There was a Lululemon story in the news recently that stuck in my head longer than it probably should have.

Chip Wilson,  the founder of Lululemon agreed to stop publicly criticizing the company for the next 18 months. Which honestly says a lot, considering how openly he's talked for years about the brand losing its “cool factor” and becoming too mainstream.

At first it sounded like normal founder drama.

But the more I thought about it, the more I realized something.

For a brand like Lululemon, losing its cool isn’t really about the clothes.

Because people were never just buying leggings.


The prices still kind of shock me sometimes.


$128 leggings.

$150 hoodies.

Sometimes more.


And this is happening while everybody is complaining about groceries, rent, gas, insurance, basically everything.

That’s what makes it interesting.


The stores are still full. Not with influencers, either. Mostly normal people.


A mom killing time after school pickup.

Someone walking in with a laptop bag after sitting at a cafe all afternoon.

People stopping in between errands.


Honestly, probably the same people talking about cutting spending everywhere else.

But, Lululemon somehow still doesn’t register in the same category as obvious luxury spending.

That part feels important.

I think the way people spend money has changed a lot over the last few years.


The old version of "doing well" used to be more visible.


buying a house,

upgrading your car,

saving toward something big.


Now those things feel a lot further away for a lot of people.


Home prices have been brutal for years. Mortgages feel heavier.

Even buying a decent new car suddenly feels like a serious financial decision.


Reuters recently wrote about middle- and upper-income consumers reshuffling how they spend under cost-of-living pressure. And honestly that feels accurate.

It doesn’t always look like people are spending less.

It looks more like the money moved.


A Pilates membership.

A matcha habit.

A pair of premium leggings.

Running clubs.

Protein snacks that somehow cost $8.


Smaller purchases.
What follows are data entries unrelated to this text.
//! A case that is kept: its texts, its run, and who made each entry.
#![tactic(auto)]

mod book;
mod dues;
mod names;
mod opened;

pub use book::CaseBook;
pub use flow_case_begin::{CaseStop, CaseTexts, check_texts};
pub use flow_case_cli::Asker;
pub use flow_trail::VerifyRefusal;
pub use opened::{KeptTexts, open_case};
Easier to justify.


That’s probably why brands like Lululemon still work.


Consumer research from companies like Start.io describes Lululemon’s core customers as wellness-focused, image-conscious, and comfortable paying more for a premium lifestyle.


And that sounds about right.

Because the logo does something.


Put on Lululemon and suddenly the purchase gets framed differently.

It doesn’t feel like fashion.

It doesn’t even feel like overspending.


People file it under things like self care, health, discipline, investing in yourself.

Buy a luxury handbag and people notice the price. Buy expensive workout clothes and people call it a 'healthy lifestyle'.


That’s a very different kind of spending psychologically.

I think that’s what Chip Wilson was really talking about when he said the brand lost some of its cool factor.


The product matters, obviously. But the real value was always the feeling attached to it.

The idea that wearing Lululemon said something positive about your life.


That you had your routine together.

That things were going okay.


And maybe that’s why people still keep buying it, even now.

Not because anyone genuinely believes leggings should cost $128.

But because some purchases feel like they’re buying more than the thing itself.